Task instructions –
Transcribe the data below verbatim from the line with "pub fn push(&mut" to the line with "from its blocks.". Include both of those lines.

───── Provided data

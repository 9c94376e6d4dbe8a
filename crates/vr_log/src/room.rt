//! Whether a log has room for records that were read back.
ghost use Rattle.std.specs.Prelude.{◌≡◌, ◌<◌, ◌≤◌, ◌*◌, ◌↔◌, [], length, All, IsTrue, IfOk};
ghost use Rattle.vr_types.specs.Geometry.{IsAllowed};
ghost use Rattle.vr_types.specs.LogSpace.{log_size};
ghost use Rattle.vr_log.specs.Live.{live_in, used_by};
ghost use Rattle.vr_log.specs.Records.{HasFields, bytes_of};

use crate::content::LogContent;
use crate::live::Live;
use crate::making::new_live;
use crate::record::LogRecord;
use crate::writing::{note_unit, record_length};
use std::alloc::Global;
use vr_types::{Geometry, OutOfMemory};

/// Whether the log has room for these records and the ends of their live units, which `undo_log`
/// wants. A log that was written by `append` and `end_record` alone has it. Fails only if memory
/// runs out for the live units.
pub(crate) fn has_room(
    alloc: Global,
    geometry: &Geometry,
    content: &LogContent,
) -> Result<bool, OutOfMemory>
    requires allowed { IsAllowed geometry.now }
    requires fields { All HasFields content.now.records }
    requires size { length (bytes_of content.now.records) ≤ log_size geometry.now }
    ensures { IfOk result (λ room. IsTrue room
        ↔ (used_by content.now.records ≤ log_size geometry.now)) }
{
    let mut live = new_live(alloc, *geometry)?;
    note_units(&mut live, content.records());
    let bytes = bytes_in(content.records());
    let size = geometry.log as u64 * (geometry.size as u64 - 16);
    Ok(bytes + 9 * live.len() as u64 <= size)
}

/// The bytes of records.
pub(crate) fn bytes_in(records: &[LogRecord]) -> u64
    requires small { length (bytes_of records.now) < 4294967296 }
    requires fields { All HasFields records.now }
    ensures { result ≡ length (bytes_of records.now) }
{
    let mut bytes = 0;
    for rec in records {
        bytes += record_length(rec);
    }
    bytes
}

/// Notes the live units of records.
fn note_units(live: &mut Live, records: &[LogRecord])
    requires units { live.old.units ≡ [] }
    requires room { length (bytes_of records.now) < 20 * live.old.room }
    ensures units { live.new.units ≡ live_in records.now }
    ensures few { 20 * length live.new.units ≤ length (bytes_of records.now) }
{
    for rec in records {
        note_unit(live, rec);
    }
}
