//! What a log says.
ghost use Rattle.std.specs.Prelude.{◌≡◌, [], ◌∷◌, ◌++◌, OnOk, OnErr};

use crate::record::LogRecord;
use std::alloc::Global;
use std::marker::Model;
use vr_types::OutOfMemory;

/// What a log says: its generation, 0 where it was never written, and its records in order.
#[derive(Drop)]
pub struct LogContent {
    generation: u64,
    records: Vec<LogRecord>,
}

impl Model for LogContent {
    ghost use Rattle.vr_log.specs.Content.{Content};

    ghost Value = { Content };

    ghost view = { λ content. record {
      generation = content.generation;
      records = content.records.items;
    } };
}

impl LogContent {
    /// No record yet, which takes no memory.
    pub fn new(alloc: Global, generation: u64) -> LogContent
        ensures { result ≡ record { generation = generation; records = [] } }
    {
        LogContent {
            generation,
            records: Vec::new(alloc),
        }
    }

    /// Its generation.
    pub fn generation(&self) -> u64
        ensures { result ≡ self.now.generation }
    {
        self.generation
    }

    /// Its records, in order.
    pub fn records(&self) -> &[LogRecord]
        ensures { result.now ≡ self.now.records }
    {
        self.records.as_slice()
    }

    /// Adds a record at the end. Where memory runs out, nothing changes.
    pub fn push(&mut self, rec: LogRecord) -> Result<(), OutOfMemory>
        ensures generation { self.new.generation ≡ self.old.generation }
        ensures ok { OnOk result (self.new.records ≡ self.old.records ++ rec ∷ []) }
        ensures err { OnErr result (self.new.records ≡ self.old.records) }
    {
        self.records.push(rec)?;
        Ok(())
    }
}
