//! A log, read back from its blocks.
ghost use Rattle.std.specs.Prelude.{◌≡◌, ◌<◌, ◌≤◌, ◌^◌, [], All, length, IsTrue, IfOk, IfErr, OnOk};
ghost use Rattle.vr_types.specs.Blocks.{Keeps};
ghost use Rattle.vr_types.specs.Geometry.{IsAllowed};
ghost use Rattle.vr_log.specs.Damage.{IsDamagedAt, IsFirst};
ghost use Rattle.vr_log.specs.Live.{used_by};
ghost use Rattle.vr_log.specs.LogNow.{IsOf};
ghost use Rattle.vr_log.specs.Reading.{IsDamageOf, HasReadCause};
ghost use Rattle.vr_log.specs.Spells.{Spells};
ghost use Rattle.vr_types.specs.Image.{block_at};
ghost use Rattle.vr_types.specs.LogSpace.{log_size};
ghost use Rattle.vr_log.specs.Records.{HasFields, bytes_of};

use crate::content::LogContent;
use crate::gathering::{First, gather, read_first};
use crate::read_no::LogReadNo;
use crate::records::read_records;
use crate::room::has_room;
use std::alloc::Global;
use vr_types::{Blocks, Geometry};

/// Reads the log back from blocks 1 to L: the generation that they spell, and its records, beside
/// which there is room for the ends of the units that are live after them, as `undo_log` wants it.
/// `Damaged`: they spell none, with the first block that is misspelled. `Fault` is the device's;
/// `Memory`: there is none for the records. The lengths of the records are those that `undo_log`
/// wants, also of blocks that report no content.
pub fn read_back<B: Blocks>(
    alloc: Global,
    blocks: &mut B,
    geometry: &Geometry,
) -> Result<LogContent, LogReadNo>
    requires allowed { IsAllowed geometry.now }
    requires shape { IsOf geometry.now (B.seen blocks.old) }
    ensures spelled { IsTrue B.tells
        → IfOk result (Spells geometry.now (B.seen blocks.old).cur) }
    ensures damaged { IsTrue B.tells
        → IfErr result (IsDamageOf geometry.now (B.seen blocks.old).cur) }
    ensures fields { IfOk result (λ content. All HasFields content.records) }
    ensures size { IfOk result (λ content. length (bytes_of content.records)
        ≤ log_size geometry.now) }
    ensures room { IfOk result (λ content. used_by content.records ≤ log_size geometry.now) }
    ensures young { IfOk result (λ content. content.generation < 2 ^ 63) }
    ensures keeps { Keeps B.tells (B.seen blocks.old) (B.seen blocks.new) }
    ensures cause { HasReadCause (B.faults blocks.old) (B.faults blocks.new) result }
{
    let first = read_first(blocks)?;
    match first {
        First::Zeros => Ok(LogContent::new(alloc, 0)),
        First::Bad => Err(LogReadNo::Damaged { block: 1 }),
        First::Begins(generation) => read_generation(alloc, blocks, *geometry, generation),
    }
}

/// Reads the log of a generation, which block 1 begins.
fn read_generation<B: Blocks>(
    alloc: Global,
    blocks: &mut B,
    geometry: Geometry,
    generation: u64,
) -> Result<LogContent, LogReadNo>
    requires allowed { IsAllowed geometry }
    requires shape { IsOf geometry (B.seen blocks.old) }
    requires young { generation < 2 ^ 63 }
    requires first { IsTrue B.tells
        → IsFirst (block_at (B.seen blocks.old).cur 1) generation }
    ensures spelled { IsTrue B.tells → IfOk result (Spells geometry (B.seen blocks.old).cur) }
    ensures damaged { IsTrue B.tells → IfErr result (IsDamageOf geometry (B.seen blocks.old).cur) }
    ensures fields { IfOk result (λ content. All HasFields content.records) }
    ensures size { IfOk result (λ content. length (bytes_of content.records) ≤ log_size geometry) }
    ensures room { IfOk result (λ content. used_by content.records ≤ log_size geometry) }
    ensures young { IfOk result (λ content. content.generation < 2 ^ 63) }
    ensures keeps { Keeps B.tells (B.seen blocks.old) (B.seen blocks.new) }
    ensures cause { HasReadCause (B.faults blocks.old) (B.faults blocks.new) result }
{
    let mut bytes = Vec::new(alloc);
    let mut content = LogContent::new(alloc, generation);
    read_into(alloc, blocks, geometry, &mut bytes, &mut content)?;
    if !has_room(alloc, &geometry, &content)? {
        return Err(LogReadNo::Damaged { block: 1 });
    }
    Ok(content)
}

/// Adds the records of the content's generation to it, by way of a buffer for their bytes.
fn read_into<B: Blocks>(
    alloc: Global,
    blocks: &mut B,
    geometry: Geometry,
    bytes: &mut Vec<u8>,
    content: &mut LogContent,
) -> Result<(), LogReadNo>
    requires allowed { IsAllowed geometry }
    requires shape { IsOf geometry (B.seen blocks.old) }
    requires none { bytes.old.items ≡ [] }
    requires no_record { content.old.records ≡ [] }
    requires first { IsTrue B.tells
        → IsFirst (block_at (B.seen blocks.old).cur 1) content.old.generation }
    ensures spelled { IsTrue B.tells → OnOk result
        (used_by content.new.records ≤ log_size geometry
        → Spells geometry (B.seen blocks.old).cur content.new) }
    ensures crowded { IsTrue B.tells → OnOk result
        (log_size geometry < used_by content.new.records
        → IsDamagedAt geometry (B.seen blocks.old).cur 1) }
    ensures damaged { IsTrue B.tells → IfErr result (IsDamageOf geometry (B.seen blocks.old).cur) }
    ensures generation { OnOk result (content.new.generation ≡ content.old.generation) }
    ensures fields { OnOk result (All HasFields content.new.records) }
    ensures size { OnOk result (length (bytes_of content.new.records) ≤ log_size geometry) }
    ensures keeps { Keeps B.tells (B.seen blocks.old) (B.seen blocks.new) }
    ensures cause { HasReadCause (B.faults blocks.old) (B.faults blocks.new) result }
{
    let wrong = gather(blocks, geometry, content.generation(), bytes)?;
    let stop = read_records(alloc, bytes, content)?;
    match (stop, wrong) {
        (Some(at), _) => {
            let index = at / (geometry.size as usize - 16);
            Err(LogReadNo::Damaged {
                block: 1 + index as u32,
            })
        }
        (None, Some(index)) => Err(LogReadNo::Damaged { block: 1 + index }),
        (None, None) => Ok(()),
    }
}
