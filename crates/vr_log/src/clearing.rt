//! Blocks that an earlier log left past the end of this one, made zeros.
ghost use Rattle.std.specs.Prelude.{◌≡◌, ◌<◌, ◌≤◌, ◌+◌, ◌↔◌, length, replicate, slice_set, All, ℕ};
ghost use Rattle.std.specs.Prelude.{IsTrue, IfOk, IfErr, OnOk};
ghost use Rattle.vr_types.specs.Blocks.{AllForced, Keeps, Puts};
ghost use Rattle.vr_types.specs.Faults.{HasCause};
ghost use Rattle.vr_types.specs.Geometry.{IsAllowed};
ghost use Rattle.vr_types.specs.Image.{Image, block_at};
ghost use Rattle.vr_types.specs.LogSpace.{log_size};
ghost use Rattle.vr_types.specs.Regions.{Touches};
ghost use Rattle.vr_types.specs.Seen.{Only};
ghost use Rattle.vr_log.specs.Clearing.{AreCleared, ClearsOne, IsAsItWasOrNone, IsStale};
ghost use Rattle.vr_log.specs.LogNow.{IsOf, last_index, made, no_log};
ghost use Rattle.vr_log.specs.Reading.{HasReadCause, IsNoDamage};
ghost use Rattle.vr_log.specs.Records.{HasFields, bytes_of};
ghost use Rattle.vr_log.specs.Spells.{Spells};
ghost use Rattle.vr_log.specs.Standing.{EndsThere, InLog, IsSettled, LogStands};

use crate::content::LogContent;
use crate::gathering::goes_on;
use crate::read_no::LogReadNo;
use crate::record::LogRecord;
use crate::room::bytes_in;
use std::alloc::Global;
use vr_types::{Blocks, DeviceFault, Geometry, OutOfMemory, eight_at, settle};

/// Makes zeros of each block of the log past the last one of this content that goes on with it, and
/// of each that has a later generation, and forces each of them: what an earlier log left there, or
/// a crash. From then on the log that is made of the content stands on its blocks. A crash at any
/// moment, failing or not, leaves blocks that spell the content. Where there is no such block,
/// nothing is put. The content is what `read_back` gave. `Fault` is the device's; `Memory`: there is
/// none for the zeros of a block, which are made only where one has to be cleared. `Damaged` never
/// comes.
pub fn clear_past<B: Blocks>(
    alloc: Global,
    blocks: &mut B,
    geometry: &Geometry,
    content: &LogContent,
) -> Result<(), LogReadNo>
    requires allowed { IsAllowed geometry.now }
    requires shape { IsOf geometry.now (B.seen blocks.old) }
    requires fields { All HasFields content.now.records }
    requires size { length (bytes_of content.now.records) ≤ log_size geometry.now }
    requires settled { IsTrue B.tells → IsSettled geometry.now (B.seen blocks.old) }
    requires spelled { IsTrue B.tells
        → Spells geometry.now (B.seen blocks.old).cur content.now }
    ensures moments { IsTrue B.tells → Touches (InLog geometry.now)
        (λ image. Spells geometry.now image content.now) (B.seen blocks.old) (B.seen blocks.new) }
    ensures cleared { IsTrue B.tells → AreCleared (made geometry.now content.now)
        (B.seen blocks.old).cur (B.seen blocks.new).cur }
    ensures spelled { IsTrue B.tells → Spells geometry.now (B.seen blocks.new).cur content.now }
    ensures settled { IsTrue B.tells → OnOk result (IsSettled geometry.now (B.seen blocks.new)) }
    ensures stands { IsTrue B.tells → OnOk result
        (LogStands (made geometry.now content.now) (B.seen blocks.new)) }
    ensures forced { IsTrue B.tells
        → AllForced (B.seen blocks.old).count (B.seen blocks.old).cur (B.seen blocks.old).may
        → OnOk result
        (AllForced (B.seen blocks.new).count (B.seen blocks.new).cur (B.seen blocks.new).may) }
    ensures idle { IsTrue B.tells
        → EndsThere (made geometry.now content.now) (B.seen blocks.old).cur
        → Keeps B.tells (B.seen blocks.old) (B.seen blocks.new) }
    ensures shape { IsOf geometry.now (B.seen blocks.new) }
    ensures no_damage { IfErr result IsNoDamage }
    ensures cause { HasReadCause (B.faults blocks.old) (B.faults blocks.new) result }
{
    let generation = content.generation().max(1);
    let last = last_of(*geometry, content.records());
    let size = geometry.size;
    for index in last..geometry.log {
        clear_block(alloc, blocks, size, generation, last, index)?;
    }
    Ok(())
}

/// Makes zeros of all blocks of a log that are there, block 1 first, and forces each of them. In each
/// image of every moment, failing or not, block 1 is as it was, or the blocks spell none yet. What a
/// log is then made of stands on them. `Fault` is the device's; `Memory`: there is none for the zeros
/// of a block. `Damaged` never comes.
pub(crate) fn clear_all<B: Blocks>(
    alloc: Global,
    blocks: &mut B,
    geometry: &Geometry,
) -> Result<(), LogReadNo>
    requires allowed { IsAllowed geometry.now }
    requires shape { IsOf geometry.now (B.seen blocks.old) }
    requires settled { IsTrue B.tells → IsSettled geometry.now (B.seen blocks.old) }
    ensures moments { IsTrue B.tells → Touches (InLog geometry.now)
        (IsAsItWasOrNone geometry.now (B.seen blocks.old)) (B.seen blocks.old) (B.seen blocks.new) }
    ensures stands { IsTrue B.tells → OnOk result
        (LogStands (made geometry.now no_log) (B.seen blocks.new)) }
    ensures shape { IsOf geometry.now (B.seen blocks.new) }
    ensures no_damage { IfErr result IsNoDamage }
    ensures cause { HasReadCause (B.faults blocks.old) (B.faults blocks.new) result }
{
    zero_block(alloc, blocks, 1, geometry.size)?;
    clear_past(alloc, blocks, geometry, &LogContent::new(alloc, 0))
}

/// The index of the block to which the bytes after these records go.
fn last_of(geometry: Geometry, records: &[LogRecord]) -> u32
    requires allowed { IsAllowed geometry }
    requires fields { All HasFields records.now }
    requires size { length (bytes_of records.now) ≤ log_size geometry }
    ensures { result ≡ last_index geometry (bytes_of records.now) }
{
    let room = geometry.size as u64 - 16;
    let last = geometry.log as u64 - 1;
    (bytes_in(records) / room).min(last) as u32
}

/// Makes zeros of the block of an index, where it goes on past the last one or has a later
/// generation, and forces it.
fn clear_block<B: Blocks>(
    alloc: Global,
    blocks: &mut B,
    size: u32,
    generation: u64,
    last: u32,
    index: u32,
) -> Result<(), LogReadNo>
    requires within { 1 + index < (B.seen blocks.old).count }
    requires small { (B.seen blocks.old).count < 4294967296 }
    requires size { size ≡ (B.seen blocks.old).size }
    requires head { 16 ≤ size }
    requires some { 1 ≤ generation }
    ensures step { IsTrue B.tells
        → ClearsOne B.tells generation last index (B.seen blocks.old) (B.seen blocks.new) }
    ensures clean { IsTrue B.tells → OnOk result
        (IsStale generation last index (block_at (B.seen blocks.new).cur (1 + index)) → ⊥) }
    ensures alone { IsTrue B.tells
        → Only (B.seen blocks.old) (1 + index) (λ block.
        block ≡ block_at (B.seen blocks.old).cur (1 + index))
        → OnOk result (Only (B.seen blocks.new) (1 + index) (λ block.
        block ≡ block_at (B.seen blocks.new).cur (1 + index))) }
    ensures count { (B.seen blocks.new).count ≡ (B.seen blocks.old).count }
    ensures size { (B.seen blocks.new).size ≡ (B.seen blocks.old).size }
    ensures no_damage { IfErr result IsNoDamage }
    ensures cause { HasReadCause (B.faults blocks.old) (B.faults blocks.new) result }
{
    if !is_stale_at(blocks, generation, last, index)? {
        return Ok(());
    }
    zero_block(alloc, blocks, 1 + index, size)
}

/// Makes a block zeros, and forces it.
fn zero_block<B: Blocks>(alloc: Global, blocks: &mut B, n: u32, size: u32) -> Result<(), LogReadNo>
    requires block { n < (B.seen blocks.old).count }
    requires size { size ≡ (B.seen blocks.old).size }
    ensures zeros { IsTrue B.tells → OnOk result
        (Only (B.seen blocks.new) n (λ block. block ≡ replicate size 0)) }
    ensures put { IsTrue B.tells → OnOk result
        ((B.seen blocks.new).cur ≡ slice_set (B.seen blocks.old).cur n (replicate size 0)) }
    ensures after { Puts B.tells n (replicate size 0) (B.seen blocks.old) (B.seen blocks.new) }
    ensures no_damage { IfErr result IsNoDamage }
    ensures cause { HasReadCause (B.faults blocks.old) (B.faults blocks.new) result }
{
    let zeros = zeros_of(alloc, size)?;
    Ok(settle(blocks, n, &zeros)?)
}

/// Zeros, of this number.
fn zeros_of(alloc: Global, count: u32) -> Result<Vec<u8>, OutOfMemory>
    ensures { IfOk result (λ zeros. zeros.items ≡ replicate count 0) }
{
    Ok(vec![in alloc; 0; count as usize]?)
}

/// Whether the block of an index goes on past the last one, or has a later generation.
fn is_stale_at<B: Blocks>(
    blocks: &mut B,
    generation: u64,
    last: u32,
    index: u32,
) -> Result<bool, DeviceFault>
    requires within { 1 + index < (B.seen blocks.old).count }
    requires small { (B.seen blocks.old).count < 4294967296 }
    requires head { 16 ≤ (B.seen blocks.old).size }
    ensures stale { IsTrue B.tells → IfOk result (λ stale. IsTrue stale
        ↔ IsStale generation last index (block_at (B.seen blocks.old).cur (1 + index))) }
    ensures keeps { Keeps B.tells (B.seen blocks.old) (B.seen blocks.new) }
    ensures cause { HasCause (B.faults blocks.old) (B.faults blocks.new) result }
{
    Ok(is_stale(blocks.get(1 + index)?, generation, last, index))
}

/// The same of the block's bytes.
fn is_stale(block: &[u8], generation: u64, last: u32, index: u32) -> bool
    requires { 16 ≤ length block.now }
    ensures { IsTrue result ↔ IsStale generation last index block.now }
{
    generation < eight_at(block, 0) || last < index && goes_on(block, generation, index)
}
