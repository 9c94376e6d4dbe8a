//! What the log answers where it can't do what was asked.
ghost use Rattle.std.specs.Prelude.{◌≡◌};
ghost use Rattle.vr_log.specs.LogNo.{no_of};

use vr_types::DeviceFault;

/// `Full`: the bytes in use and those that the record needs are more than the log has. `Write` and
/// `Read` are faults of the device.
#[derive(Clone, Copy, PartialEq, Eq)]
pub enum LogNo {
    Full { used: u64, need: u64, size: u64 },
    Write,
    Read,
}

impl From<DeviceFault> for LogNo {
    ghost from_gives = { λ fault no. no ≡ no_of fault };

    fn from(fault: DeviceFault) -> LogNo {
        match fault {
            DeviceFault::Read => LogNo::Read,
            DeviceFault::Write => LogNo::Write,
        }
    }
}
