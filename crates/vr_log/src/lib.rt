//! The undo log of a volume: before-images of records and the ends of units of recovery, in blocks
//! 1 to L over any `Blocks`. It stands on vr_types.
//!
//! It promises what any crash leaves of it. In every image at every moment of every call, failing
//! or not, the log's blocks spell at least the records that were forced and a prefix of all records
//! of the generation, or the log before while no block of this one was forced, whose units have all
//! ended. No other block is touched. Blocks are read back as the log that they spell, and where
//! they spell none as damaged, with the first block that is misspelled. What an earlier log left
//! past the end is cleared, so that the log that was read back stands. A log is begun anew once its
//! generations come near their end, so each log that a crash may leave can be gone on with.
#![tactic(auto)]

mod appending;
mod clearing;
mod content;
mod decoding;
mod gathering;
mod kept;
mod laws;
mod live;
mod log;
mod making;
mod no;
mod read_no;
mod reading;
mod record;
mod records;
mod room;
mod tail;
mod writing;

pub use appending::append_all;
pub use clearing::clear_past;
pub use content::LogContent;
pub use laws::{
    blocks_spell_a_log_or_are_damaged, damaged_blocks_spell_no_log, each_image_has_the_log,
    fresh_log_stands, log_stands_while_others_put, made_log_stands, one_damaged_block,
    one_list_of_records, one_log_at_most, restarted_log_stands, write_ahead,
};
pub use log::{UndoLog, undo_log};
pub use no::LogNo;
pub use read_no::LogReadNo;
pub use reading::read_back;
pub use record::{Before, EndKind, LogPlace, LogRecord};
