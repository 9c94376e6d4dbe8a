//! The parts of a new log.
ghost use Rattle.std.specs.Prelude.{◌≡◌, ◌<◌, ◌≤◌, ◌*◌, ◌^◌, [], length, All, false, IfOk};
ghost use Rattle.vr_types.specs.Geometry.{IsAllowed};
ghost use Rattle.vr_types.specs.LogSpace.{log_size};
ghost use Rattle.vr_log.specs.Live.{live_in, used_by};
ghost use Rattle.vr_log.specs.Memory.{AreNumbered, IsTail};
ghost use Rattle.vr_log.specs.Records.{HasFields, bytes_of};
ghost use Rattle.vr_log.specs.Writing.{IsSound, IsReady, IsPassedBy, IsNew};

use crate::live::Live;
use crate::record::LogRecord;
use crate::tail::Tail;
use crate::writing::{note_unit, pass_record};
use std::alloc::Global;
use vr_types::{Geometry, OutOfMemory};

/// The first block of a log, in memory, with no bytes yet.
pub(crate) fn new_tail(
    alloc: Global,
    geometry: Geometry,
    generation: u64,
) -> Result<Tail, OutOfMemory>
    requires { IsAllowed geometry }
    ensures { IfOk result (λ tail. IsNew geometry generation tail) }
{
    let block = vec![in alloc; 0; geometry.size as usize]?;
    Ok(Tail {
        generation,
        block,
        blocks: geometry.log,
        index: 0,
        used: 0,
        begun: false,
    })
}

/// No live unit, with room for those that a log may have: each has a record of 20 bytes or more.
pub(crate) fn new_live(alloc: Global, geometry: Geometry) -> Result<Live, OutOfMemory>
    requires { IsAllowed geometry }
    ensures units { IfOk result (λ live. live.units ≡ []) }
    ensures room { IfOk result (λ live. log_size geometry < 20 * live.room) }
{
    let size = geometry.log as usize * (geometry.size as usize - 16);
    Live::new(alloc, size / 20 + 1)
}

/// The numbers from 1 to that of the last block of the log.
pub(crate) fn numbers_to(alloc: Global, last: u32) -> Result<Vec<u32>, OutOfMemory>
    requires { last < 4294967295 }
    ensures count { IfOk result (λ numbers. length numbers.items ≡ last) }
    ensures each { IfOk result (λ numbers. AreNumbered numbers.items) }
{
    let mut numbers = Vec::with_capacity(alloc, last as usize)?;
    for n in 0..last {
        numbers.push(n + 1)?;
    }
    Ok(numbers)
}

/// Passes over the records of a log, which stand on its blocks.
pub(crate) fn pass_records(
    geometry: Geometry,
    tail: &mut Tail,
    live: &mut Live,
    records: &[LogRecord],
)
    requires allowed { IsAllowed geometry }
    requires sound { IsSound tail.old }
    requires ready { IsReady tail.old }
    requires first { IsTail geometry [] tail.old }
    requires units { live.old.units ≡ [] }
    requires room { log_size geometry < 20 * live.old.room }
    requires fields { All HasFields records.now }
    requires fits { used_by records.now ≤ log_size geometry }
    ensures ready { IsReady tail.new }
    ensures last { IsTail geometry (bytes_of records.now) tail.new }
    ensures same { IsPassedBy tail.old tail.new }
    ensures units { live.new.units ≡ live_in records.now }
    ensures room { live.new.room ≡ live.old.room }
{
    for rec in records {
        pass_record(tail, rec);
        note_unit(live, rec);
    }
}
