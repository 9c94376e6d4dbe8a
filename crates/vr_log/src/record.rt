//! The records of the log.
ghost use Rattle.std.specs.Prelude.{◌≡◌, IfOk};

use std::alloc::Global;
use vr_types::{Bytes, OutOfMemory, PartNo, Place, Unit};

/// How a unit of recovery ended.
#[derive(Clone, Copy, PartialEq, Eq)]
pub enum EndKind {
    Committed,
    BackedOut,
}

/// A record of the log: a before-image, which is what was at a place of a part before the unit
/// first changed it, or the end of a unit.
#[derive(Drop)]
pub enum LogRecord {
    Before {
        unit: Unit,
        part: PartNo,
        place: Place,
        old: Option<Bytes>,
    },
    End {
        unit: Unit,
        kind: EndKind,
    },
}

impl LogRecord {
    /// An equal value. Fails only if memory runs out.
    pub fn copy(&self, alloc: Global) -> Result<LogRecord, OutOfMemory>
        ensures { IfOk result (λ copy. copy ≡ self.now) }
    {
        match self {
            LogRecord::Before {
                unit,
                part,
                place,
                old,
            } => Ok(LogRecord::Before {
                unit: *unit,
                part: *part,
                place: place.copy(alloc)?,
                old: copy_old(alloc, old)?,
            }),
            LogRecord::End { unit, kind } => Ok(LogRecord::End {
                unit: *unit,
                kind: *kind,
            }),
        }
    }
}

/// A before-image without its unit: the part, the place, and the record that was there, if any.
#[derive(Drop)]
pub struct Before {
    pub part: PartNo,
    pub place: Place,
    pub old: Option<Bytes>,
}

impl Before {
    /// An equal value. Fails only if memory runs out.
    pub fn copy(&self, alloc: Global) -> Result<Before, OutOfMemory>
        ensures { IfOk result (λ copy. copy ≡ self.now) }
    {
        Ok(Before {
            part: self.part,
            place: self.place.copy(alloc)?,
            old: copy_old(alloc, &self.old)?,
        })
    }
}

/// Where a record begins in the log: the block, and the byte in it.
#[derive(Clone, Copy, PartialEq, Eq)]
pub struct LogPlace {
    pub block: u32,
    pub at: u32,
}

/// A copy of what was at a place.
fn copy_old(alloc: Global, old: &Option<Bytes>) -> Result<Option<Bytes>, OutOfMemory>
    ensures { IfOk result (λ copy. copy ≡ old.now) }
{
    match old {
        Some(bytes) => Ok(Some(bytes.copy(alloc)?)),
        None => Ok(None),
    }
}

──────────

Answer area –
    pub fn push(&mut self, rec: LogRecord) -> Result<(), OutOfMemory>
        ensures generation { self.new.generation ≡ self.old.generation }
        ensures ok { OnOk result (self.new.records ≡ self.old.records ++ rec ∷ []) }
        ensures err { OnErr result (self.new.records ≡ self.old.records) }
    {
        self.records.push(rec)?;
        Ok(())
    }
}
//! A log, read back from its blocks.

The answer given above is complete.